The Gaussian curvature K_G at P can then be estimated (Rugis, 2008) by using the equation

$${\mathrm{K}}_{\mathrm{G}}(\mathrm{P})=\frac{3(2\mathrm{\pi }-{\displaystyle \sum _{\mathrm{i}=1}^6}{\mathrm{\alpha }}_{\mathrm{i}})}{{\displaystyle \sum _{\mathrm{i}=1}^6}\mathrm{S}({\mathrm{f}}_{\mathrm{i}})},$$

where α_i is the angle (∠ Q_i, P_i,j, Q_i+1), and S(f_i) is the surface area of the triangle f_i.
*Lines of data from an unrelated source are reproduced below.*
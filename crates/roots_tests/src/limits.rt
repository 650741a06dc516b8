//! Full roots, as tables of edits and operations, each with its answer.
use crate::playing::{played, session};
use mem_roots::MemRoot;
use roots_api::Op;
use std::alloc::Global;
use std::test::Fail;

/// The bytes are full, and a refusal for what stands there comes first.
const BYTES: &str = "\
E fill a 268435456 => done
E fill b 1 => bytes-full 268435456
E fill a/b 1 => refused a f
E fill b 0 => done
1 fetch a 0 0 => too-large 268435456
1 open => opened
1 append x => full 4 268435456
";

/// Bytes that were staged are held, also once they are cleared.
const CLEARED: &str = "\
1 open => opened
1 append xy => opened
1 keep xy => kept
1 place a xy - => done 0
1 clear => cleared
1 open => opened
E fill b 268435453 => bytes-full 4
E fill b 268435450 => done
1 append x => opened
1 keep x => kept
1 place c x f9 => differs -
1 place c x - => done 2
1 place d x - => full 11 268435456
";

/// A piece has 65,536 bytes at most, and is the last where it reaches the end. A file of 16,777,216 bytes is fetched, and a
/// longer one isn't.
const PIECES: &str = "\
E fill a 65536 => done
1 fetch a 0 0 => piece of 65536 last
E fill a 65537 => done
1 fetch a 1 0 => piece of 65536 more
1 fetch a 1 1 => piece of 65536 last
1 fetch a 1 65536 => piece of 1 last
E fill b 16777216 => done
1 fetch b 2 16711679 => piece of 65536 more
1 fetch b 2 16711680 => piece of 65536 last
E fill b 16777217 => done
1 fetch b 3 16711680 => too-large 16777217
";

/// Two folders in an empty root.
const FOLDERS: &str = "\
E dir a => done
E dir b => done
";

/// The log has room for two events more.
const LAST: &str = "\
1 list  => full 999998 0
1 list a => listed
1 list a => listed
1 list a => full 1000000 0
E dir a/c => log-full 1000000
E put q/r x => log-full 1000000
";

#[test]
fn bytes_are_full(rt: HostRuntime) -> Result<(), Fail> {
    let alloc = rt.alloc();
    let mut root = MemRoot::new(alloc)?;
    assert_eq!(rt; played(alloc, &mut root, BYTES)?.as_str(), BYTES);
    Ok(())
}

#[test]
fn cleared_bytes_are_held(rt: HostRuntime) -> Result<(), Fail> {
    let alloc = rt.alloc();
    let mut root = MemRoot::new(alloc)?;
    assert_eq!(rt; played(alloc, &mut root, CLEARED)?.as_str(), CLEARED);
    Ok(())
}

#[test]
fn long_files_are_fetched_in_pieces(rt: HostRuntime) -> Result<(), Fail> {
    let alloc = rt.alloc();
    let mut root = MemRoot::new(alloc)?;
    assert_eq!(rt; played(alloc, &mut root, PIECES)?.as_str(), PIECES);
    Ok(())
}

// Logs so many operations.
fn log_many(alloc: Global, root: &mut MemRoot, count: u64) -> Result<(), Fail> {
    for _ in 0..count {
        let _ = root.call(alloc, &session(1), &Op::StageClear)?;
    }
    Ok(())
}

#[test]
fn the_log_is_full(rt: HostRuntime) -> Result<(), Fail> {
    let alloc = rt.alloc();
    let mut root = MemRoot::new(alloc)?;
    assert_eq!(rt; played(alloc, &mut root, FOLDERS)?.as_str(), FOLDERS);
    log_many(alloc, &mut root, 999_996)?;
    assert_eq!(rt; played(alloc, &mut root, LAST)?.as_str(), LAST);
    Ok(())
}
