//! Tests of `mem_roots` and `roots_api` over what they make public, and nothing to call.
//!
//! They stand apart so that the roots are proved once: a crate with tests of its own is proved with them and without. They
//! show what no clause says: that calls are done where there is memory, and that the definitions mean what they are to
//! mean. Operations, edits and answers are lines of text.
#![tactic(auto)]

#[cfg(test)]
mod copies;
#[cfg(test)]
mod limits;
#[cfg(test)]
mod naming;
#[cfg(test)]
mod playing;
#[cfg(test)]
mod showing;
#[cfg(test)]
mod tables;
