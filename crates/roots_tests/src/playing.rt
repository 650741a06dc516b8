//! Lines of text that are done on a root.
ghost use Rattle.roots_api.specs.Told.{IsSession};

use crate::showing::{answer_text, edit_text};
use entry_tree::{Digest, Entry, Stamp, Text};
use mem_roots::MemRoot;
use roots_api::{Content, Edit, FileEntry, Leaf, Op, Tracked, Who};
use std::alloc::Global;
use std::test::Fail;
use sync_path::Path;

/// A session.
pub fn session(id: u128) -> Who
    ensures { IsSession result }
{
    Who::Session {
        id,
        run: 1,
        cycle: 1,
    }
}

fn content(alloc: Global, text: &str) -> Result<Content, Fail> {
    Ok(Content::of(alloc, text.as_bytes())?)
}

// So many bytes.
fn zeros(alloc: Global, len: usize) -> Result<Content, Fail> {
    Ok(Content::from_vec(vec![in alloc; 0u8; len]?))
}

fn stamp_of(text: &str) -> Result<Stamp, Fail> {
    let stamp: u64 = text.parse().ok().ok_or("no stamp")?;
    Ok(Stamp(stamp as u128))
}

// The entry of a text such as `d`, `f3`, `x3` (executable), `lthere` or `o`, or none.
fn entry_of(alloc: Global, text: &str) -> Result<Option<Entry>, Fail> {
    if let Some(stamp) = text.strip_prefix("f") {
        return Ok(Some(Entry::File(stamp_of(stamp)?, false)));
    }
    if let Some(stamp) = text.strip_prefix("x") {
        return Ok(Some(Entry::File(stamp_of(stamp)?, true)));
    }
    if let Some(link) = text.strip_prefix("l") {
        return Ok(Some(Entry::Link(Text::read(alloc, link)?)));
    }
    match text {
        "d" => Ok(Some(Entry::Dir)),
        "o" => Ok(Some(Entry::Other)),
        _ => Ok(None),
    }
}

fn leaf_of(alloc: Global, text: &str) -> Result<Option<Leaf>, Fail> {
    match entry_of(alloc, text)? {
        None => Ok(None),
        Some(entry) => Ok(Leaf::of(entry)),
    }
}

fn tracked_of(alloc: Global, text: &str) -> Result<Tracked, Fail> {
    let entry = entry_of(alloc, text)?.ok_or("no entry")?;
    Ok(Tracked::of(entry).ok_or("not tracked")?)
}

// The edit of a line such as `put a/b text`, or `fill a/b 5`, which puts so many bytes.
fn edit_of(alloc: Global, verb: &str, path: &str, word: &str) -> Result<Edit, Fail> {
    let path = Path::read(alloc, path)?;
    match verb {
        "put" => Ok(Edit::Put {
            path,
            bytes: content(alloc, word)?,
        }),
        "fill" => {
            let bytes = zeros(alloc, word.parse().ok().ok_or("no length")?)?;
            Ok(Edit::Put { path, bytes })
        }
        "link" => Ok(Edit::Link {
            path,
            text: Text::read(alloc, word)?,
        }),
        "dir" => Ok(Edit::Dir { path }),
        "other" => Ok(Edit::Other { path }),
        "exec" => Ok(Edit::SetExec {
            path,
            on: word == "on",
        }),
        _ => Ok(Edit::Del { path }),
    }
}

// The operation of a line such as `append text`, which has no path.
fn stage_of(alloc: Global, verb: &str, word: &str) -> Result<Option<Op>, Fail> {
    match verb {
        "clear" => Ok(Some(Op::StageClear)),
        "open" => Ok(Some(Op::StageOpen)),
        "append" => Ok(Some(Op::StageAppend {
            bytes: content(alloc, word)?,
        })),
        "keep" => Ok(Some(Op::StageKeep {
            digest: Digest::of(word.as_bytes()),
        })),
        _ => Ok(None),
    }
}

// Of the text's bytes, in place of the entry.
fn place_of(alloc: Global, path: Path, word: &str, more: &str, exec: bool) -> Result<Op, Fail> {
    Ok(Op::Place {
        path,
        digest: Digest::of(word.as_bytes()),
        exec,
        expected: leaf_of(alloc, more)?,
    })
}

// Of the file that the text names.
fn exec_of(alloc: Global, path: Path, word: &str, on: bool) -> Result<Op, Fail> {
    let entry = entry_of(alloc, word)?.ok_or("no entry")?;
    Ok(Op::SetExec {
        path,
        expected: FileEntry::of(&entry).ok_or("no file")?,
        on,
    })
}

// The operation of a line such as `place a/b text f3`, which has a path.
fn op_of(alloc: Global, verb: &str, path: &str, word: &str, more: &str) -> Result<Op, Fail> {
    let path = Path::read(alloc, path)?;
    match verb {
        "list" => Ok(Op::List { path }),
        "fetch" => Ok(Op::Fetch {
            path,
            stamp: stamp_of(word)?,
            offset: more.parse().ok().ok_or("no offset")?,
        }),
        "place" => place_of(alloc, path, word, more, false),
        "placex" => place_of(alloc, path, word, more, true),
        "exec" => exec_of(alloc, path, word, true),
        "noexec" => exec_of(alloc, path, word, false),
        "mkdir" => Ok(Op::MakeDir { path }),
        "mklink" => Ok(Op::MakeLink {
            path,
            text: Text::read(alloc, word)?,
            expected: leaf_of(alloc, more)?,
        }),
        _ => Ok(Op::Remove {
            path,
            expected: tracked_of(alloc, word)?,
        }),
    }
}

// Does what a line says: `E` and an edit, or the number of a session and an operation. It gives the answer as text.
fn done(alloc: Global, root: &mut MemRoot, line: &str) -> Result<String, Fail> {
    let mut words = line.split(' ');
    let who = words.next().unwrap_or("");
    let verb = words.next().unwrap_or("");
    let path = words.next().unwrap_or("");
    let word = words.next().unwrap_or("");
    let more = words.next().unwrap_or("");
    if who == "E" {
        let change = edit_of(alloc, verb, path, word)?;
        let result = root.edit(alloc, &change);
        return edit_text(alloc, &result);
    }
    let who = session(if who == "1" { 1 } else { 2 });
    let op = match stage_of(alloc, verb, path)? {
        Some(op) => op,
        None => op_of(alloc, verb, path, word, more)?,
    };
    let answer = root.call(alloc, &who, &op)?;
    answer_text(alloc, &answer)
}

/// The table with the answers that the root gives.
pub fn played(alloc: Global, root: &mut MemRoot, table: &str) -> Result<String, Fail> {
    let mut text = String::new(alloc);
    for row in table.lines() {
        let (line, _) = row.split_once(" => ").ok_or("a row without an answer")?;
        let answer = done(alloc, root, line)?;
        text.push_str(line)?;
        text.push_str(" => ")?;
        text.push_str(answer.as_str())?;
        text.push_str("\n")?;
    }
    Ok(text)
}
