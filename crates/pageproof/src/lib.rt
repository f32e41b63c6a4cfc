// No code: the proof that a page holds the images a crash can leave, in proofs/.

#![tactic(auto)]
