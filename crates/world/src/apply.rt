//! One event.
ghost use Rattle.std.specs.Prelude.{◌≡◌, ◌∷◌, [], ◌+◌, ◌<◌, ◌^◌};
ghost use Rattle.bpf_model.specs.Drain.{AnswersAsScheduled};
ghost use Rattle.bpf_model.specs.Headline.{AnswersAsMachine, AreNeverStuck, AllExitInTime, AreReclaimedLate};
ghost use Rattle.bpf_model.specs.declared.event.Event.{Event};
ghost use Rattle.bpf_model.specs.Refines.{TracksSchedule, Tracks};
ghost use Rattle.world_laws.specs.Reacting.{full_reaction};
ghost use Rattle.world_laws.specs.Invariant.{IsWorld};

use crate::kept::Parts;
use crate::world::World;
use bpf_model::{Answer, Event};

/// Puts the answer of a reclamation in the place of another one.
fn reap(parts: &mut Parts, answer: &mut Answer)
    requires { parts.old.given + 1 < 2 ^ 64 }
    ensures answer { answer.new ≡ (full_reaction parts.old Event.Reap).0 }
    ensures new { parts.new ≡ (full_reaction parts.old Event.Reap).1 }
{
    parts.reap_into(answer);
}

/// Puts the reaction to an event in the place of an answer.
fn react(parts: &mut Parts, event: &Event, answer: &mut Answer)
    requires { IsWorld parts.old }
    ensures answer { answer.new ≡ (full_reaction parts.old event.now).0 }
    ensures new { parts.new ≡ (full_reaction parts.old event.now).1 }
{
    match event {
        Event::Start { prog, ctx } => parts.start_into(*prog, ctx, answer),
        Event::Step { run } => parts.step_into(*run, answer),
        Event::Update {
            map,
            key,
            value,
            flags,
        } => parts.update_into(*map, key, value, *flags, answer),
        Event::Delete { map, key } => parts.delete_into(*map, key, answer),
        Event::Read { map, key } => parts.read_into(*map, key, answer),
        Event::Advance => parts.advance_into(answer),
        Event::Reap => reap(parts, answer),
        Event::Drop { run } => parts.drop_into(*run, answer),
    }
}

impl World {
    /// Answers one event as the machine does, and puts the answer in the place of another one. It takes no
    /// memory and cannot fail; an event that is refused changes nothing.
    ///
    /// An answer has room for a value, so that a new one costs more than most events. So lend the same place again
    /// and again. Where the answer before was of the same kind, an event writes only what its answer has. Else, and
    /// for a start, the whole place is written.
    pub fn apply_into(&mut self, event: &Event, answer: &mut Answer)
        ensures answer { answer.new ≡ (full_reaction self.old event.now).0 }
        ensures new { self.new ≡ (full_reaction self.old event.now).1 }

        // The answer is a step of the machine with the runtime's choices, from each state that was tracked.
        ensures schedule { AnswersAsScheduled TracksSchedule self.old event.now answer.new self.new }
        ensures machine { AnswersAsMachine Tracks self.old event.now answer.new self.new }

        // No run is stuck, each exits in time, and what is reclaimed was unlinked before and is held by no
        // section.
        ensures never_stuck { AreNeverStuck Tracks self.old (event.now ∷ []) (answer.new ∷ []) }
        ensures exits { AllExitInTime Tracks self.old (event.now ∷ []) (answer.new ∷ []) }
        ensures reclaimed { AreReclaimedLate Tracks self.old (event.now ∷ []) (answer.new ∷ []) }
    {
        event.is_real();
        react(&mut self.parts, event, answer);
    }

    /// Answers one event as the machine does. It takes no memory and cannot fail; an event that is refused
    /// changes nothing.
    pub fn apply(&mut self, event: &Event) -> Answer
        ensures answer { result ≡ (full_reaction self.old event.now).0 }
        ensures new { self.new ≡ (full_reaction self.old event.now).1 }

        // The answer is a step of the machine with the runtime's choices, from each state that was tracked.
        ensures schedule { AnswersAsScheduled TracksSchedule self.old event.now result self.new }
        ensures machine { AnswersAsMachine Tracks self.old event.now result self.new }

        // No run is stuck, each exits in time, and what is reclaimed was unlinked before and is held by no
        // section.
        ensures never_stuck { AreNeverStuck Tracks self.old (event.now ∷ []) (result ∷ []) }
        ensures exits { AllExitInTime Tracks self.old (event.now ∷ []) (result ∷ []) }
        ensures reclaimed { AreReclaimedLate Tracks self.old (event.now ∷ []) (result ∷ []) }
    {
        let mut answer = Answer::Moved;
        self.apply_into(event, &mut answer);
        answer
    }
}
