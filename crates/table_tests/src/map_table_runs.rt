//! Runs of a program over the table, beside the writer.
ghost use Rattle.std.specs.Prelude.{◌≡◌, ◌<◌, ◌≤◌, All, length};
ghost use Rattle.bpf_model.specs.declared.limits.TheConstants.{MAX_MAPS};
ghost use Rattle.map_table.specs.Held.{IsReady};

use crate::keys::{two_seats, unlink_found};
use bpf_model::{CtxBytes, MapKind, MapShape};
use insn_codec::decode;
use map_table::{MapTable, ReadSeat, Secret, TableShape, Values, Writer};
use shared_runs::maps::{SubWord, fits, run_shared};
use std::alloc::{AllocError, Global};
use std::process::Abort;
use std::test::Fail;
use verifier::{Verified, verify};

/// A lookup of the key that the context has. It adds 1 to the value, and exits with what it was before, or with 0 where
/// there is none.
pub const COUNT: &str = "\
    79160000000000007b6af8ff00000000b7090000000000008520000001000000bfa2000000000000\
    07020000f8ffffff1851000000000000000000000000000085000000010000001500040000000000\
    7909000000000000bf9700000000000007070000010000007b700000000000008520000002000000\
    bf900000000000009500000000000000";

/// A load of the first byte of the value of such a key, into the register that the program exits with.
const LOAD_BYTE: &str = "\
    79160000000000007b6af8ff00000000b7090000000000008520000001000000bfa2000000000000\
    07020000f8ffffff1851000000000000000000000000000085000000010000001500010000000000\
    71090000000000008520000002000000bf900000000000009500000000000000";

/// The load.
const LOAD: &str = "7109000000000000";

/// Keys and values of 8 bytes.
pub const WORDS: MapShape = MapShape {
    kind: MapKind::Hash,
    key_len: 8,
    value_len: 8,
    entries: 4,
    spare: 4,
    reuse_limit: 100,
};

/// A table for 1,024 such keys, with twice as many ways.
const TABLE: TableShape = TableShape {
    readers: 2,
    buckets: 256,
    elements: 1024,
    key_words: 1,
    value_words: 1,
    values: Values::Shared,
    secret: Secret {
        first: 0x1234_5678_9abc_def0,
        second: 0x0fed_cba9_8765_4321,
    },
};

/// The program of these hexadecimal digits, verified against one map and a context of a word.
pub fn verified(alloc: Global, text: &str) -> Result<Verified, Fail> {
    verified_with(alloc, text, &[WORDS])
}

/// The same against these maps.
pub fn verified_with(alloc: Global, text: &str, maps: &[MapShape]) -> Result<Verified, Fail>
    requires few { length maps.now ≤ MAX_MAPS }
{
    let bytes = hex::decode(alloc, text)?;
    Ok(verify(alloc, decode(alloc, &bytes)?, maps, 8)?)
}

/// What a run comes to that loads of the value of the key 7 what this instruction loads, or that makes this access of it.
fn loaded(
    alloc: Global,
    table: &MapTable,
    seat: &mut ReadSeat,
    load: &str,
) -> Result<Option<Result<u64, SubWord>>, Fail>
    requires ready { IsReady table.now seat.old }
    ensures ready { IsReady table.now seat.new }
{
    let text = LOAD_BYTE.replace(alloc, LOAD, load)?;
    let program = verified(alloc, text.as_str())?;
    Ok(run(table, seat, &program, 7))
}

/// A context of this word.
pub fn context_of(word: u64) -> CtxBytes {
    let mut ctx = CtxBytes::new();
    for byte in word.to_le_bytes() {
        let _ = ctx.try_push(byte);
    }
    ctx
}

/// What a run of the program comes to on this key, if it is of the table's lengths.
pub fn run(
    table: &MapTable,
    seat: &mut ReadSeat,
    verified: &Verified,
    key: u64,
) -> Option<Result<u64, SubWord>>
    requires ready { IsReady table.now seat.old }
    ensures ready { IsReady table.now seat.new }
{
    let ctx = context_of(key);
    if !fits(table, verified) || ctx.len() != verified.ctx_len() {
        return None;
    }
    Some(run_shared(table, seat, verified, &ctx))
}

/// The value with which such a run exits, if it does.
pub fn exit(table: &MapTable, seat: &mut ReadSeat, verified: &Verified, key: u64) -> Option<u64>
    requires ready { IsReady table.now seat.old }
    ensures ready { IsReady table.now seat.new }
{
    run(table, seat, verified, key)?.ok()
}

/// Links the keys from 0 up to 999, each with ten times its number and 3 more, and tells how many.
fn link_all(table: &MapTable, writer: &mut Writer) -> u64
    requires table { writer.old.table ≡ table.now }
    requires shape { table.now.shape ≡ TABLE }
    ensures table { writer.new.table ≡ table.now }
{
    for key in 0..1000 {
        if writer.link(table, &[key], &[10 * key + 3]).is_none() {
            return key;
        }
    }
    1000
}

/// How many keys below 1,000 runs found with ten times their number and so much more.
fn count_runs(table: &MapTable, seat: &mut ReadSeat, program: &Verified, more: u64) -> u64
    requires ready { IsReady table.now seat.old }
    requires more { more < 10 }
    ensures ready { IsReady table.now seat.new }
{
    let mut found = 0u64;
    for key in 0..1000 {
        if exit(table, seat, program, key) == Some(10 * key + more) {
            found = found.saturating_add(1);
        }
    }
    found
}

/// How many keys are linked, and how many of them runs find by the first seat and then, each with 1 more, by the second.
fn counts(
    table: &MapTable,
    first: &mut ReadSeat,
    second: &mut ReadSeat,
    writer: &mut Writer,
    count: &Verified,
) -> [u64; 3]
    requires first { IsReady table.now first.old }
    requires second { IsReady table.now second.old }
    requires table { writer.old.table ≡ table.now }
    requires shape { table.now.shape ≡ TABLE }
    ensures first { IsReady table.now first.new }
    ensures second { IsReady table.now second.new }
    ensures table { writer.new.table ≡ table.now }
{
    let linked = link_all(table, writer);
    let loaded = count_runs(table, first, count, 3);
    [linked, loaded, count_runs(table, second, count, 4)]
}

/// Replaces the value of the key 5, and tells whether it was linked.
fn replace(table: &MapTable, writer: &mut Writer) -> bool
    requires table { writer.old.table ≡ table.now }
    requires shape { table.now.shape ≡ TABLE }
    ensures table { writer.new.table ≡ table.now }
{
    let Some(way) = writer.find(table, &[5]) else {
        return false;
    };
    writer.replace(table, way, &[5], &[7000])
}

/// Replaces the value of a key that is linked, and unlinks it. Whether runs find the new value at once, what they stored
/// themselves, and after the unlinking none; and whether the one element of the old value is reclaimed between.
fn is_replaced(table: &MapTable, seat: &mut ReadSeat, writer: &mut Writer, count: &Verified) -> bool
    requires ready { IsReady table.now seat.old }
    requires table { writer.old.table ≡ table.now }
    requires shape { table.now.shape ≡ TABLE }
    ensures ready { IsReady table.now seat.new }
{
    let linked = replace(table, writer);
    let replaced = exit(table, seat, count, 5);
    let again = exit(table, seat, count, 5);
    let reclaimed = writer.reclaim(table);
    let unlinked = unlink_found(table, writer, &[5]).is_some();
    let gone = exit(table, seat, count, 5);
    linked
        && unlinked
        && reclaimed == 1
        && [replaced, again, gone] == [Some(7000), Some(7001), Some(0)]
}

/// Runs find each key's own value, and store one that the next run finds, whichever seat it has. They find none where
/// no key is linked, and a replaced value at once. Whether it is so.
fn are_found(
    table: &MapTable,
    seats: &mut [ReadSeat],
    writer: &mut Writer,
    count: &Verified,
) -> bool
    requires ready { All (IsReady table.now) seats.old }
    requires table { writer.old.table ≡ table.now }
    requires shape { table.now.shape ≡ TABLE }
{
    let Some((first, second)) = two_seats(table, seats) else {
        return false;
    };
    let before = exit(table, first, count, 5);
    let counts = counts(table, first, second, writer, count);
    let missing = exit(table, first, count, 1000);
    let replaced = is_replaced(table, second, writer, count);
    let last = exit(table, first, count, 7);
    replaced && counts == [1000; 3] && [before, missing, last] == [Some(0), Some(0), Some(75)]
}

/// Makes a table, over which the program runs so.
fn run_on_new(alloc: Global, count: &Verified) -> Result<bool, AllocError> {
    let (table, mut seats, mut writer) = MapTable::new(alloc, TABLE)?;
    Ok(are_found(&table, &mut seats.list, &mut writer, count))
}

#[test]
fn runs_load_and_store_values(rt: HostRuntime) -> Result<(), Fail> {
    let count = verified(rt.alloc(), COUNT)?;
    assert!(rt; run_on_new(rt.alloc(), &count)?);
    Ok(())
}

/// Instructions in place of the load, and what the runs come to.
const LOADS: &[(&str, Result<u64, SubWord>)] = &[
    (LOAD, Ok(0x11)),
    ("7109070000000000", Ok(0x88)),
    ("6909020000000000", Ok(0x4433)),
    ("6109040000000000", Ok(0x8877_6655)),
    ("7909000000000000", Ok(0x8877_6655_4433_2211)),
    ("8909060000000000", Ok(0xffff_ffff_ffff_8877)),
    ("7200000009000000", Err(SubWord)),
];

/// Runs with each of these instructions on the key 7.
fn load_each<R: Abort>(
    rt: &R,
    alloc: Global,
    table: &MapTable,
    seat: &mut ReadSeat,
) -> Result<(), Fail>
    requires ready { IsReady table.now seat.old }
{
    for row in LOADS {
        let (load, wanted) = row;
        let found = loaded(alloc, table, seat, load)?;
        assert!(rt; found == Some(*wanted), "{load}");
    }
    Ok(())
}

/// A load by 1, 2, 4 or 8 bytes finds those bytes of the value's word, the lowest first, and a signed one its sign too.
/// A store by fewer than 8 bytes is refused.
#[test]
fn runs_load_bytes_of_words(rt: HostRuntime) -> Result<(), Fail> {
    let (table, mut seats, mut writer) = MapTable::new(rt.alloc(), TABLE)?;
    let linked = writer.link(&table, &[7], &[0x8877_6655_4433_2211]);
    let Some(seat) = seats.list.first_mut() else {
        return Err(Fail::from("no seat"));
    };
    assert!(rt; linked.is_some());
    load_each(&rt, rt.alloc(), &table, seat)
}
Note that if the point P is located on a saddle-shaped surface, the sum of α_i is greater than 2π, and the Gaussian curvature at that point is a negative value.

The average curvature K_A at P (Fig. 2B) was estimated to be (Rugis, 2008)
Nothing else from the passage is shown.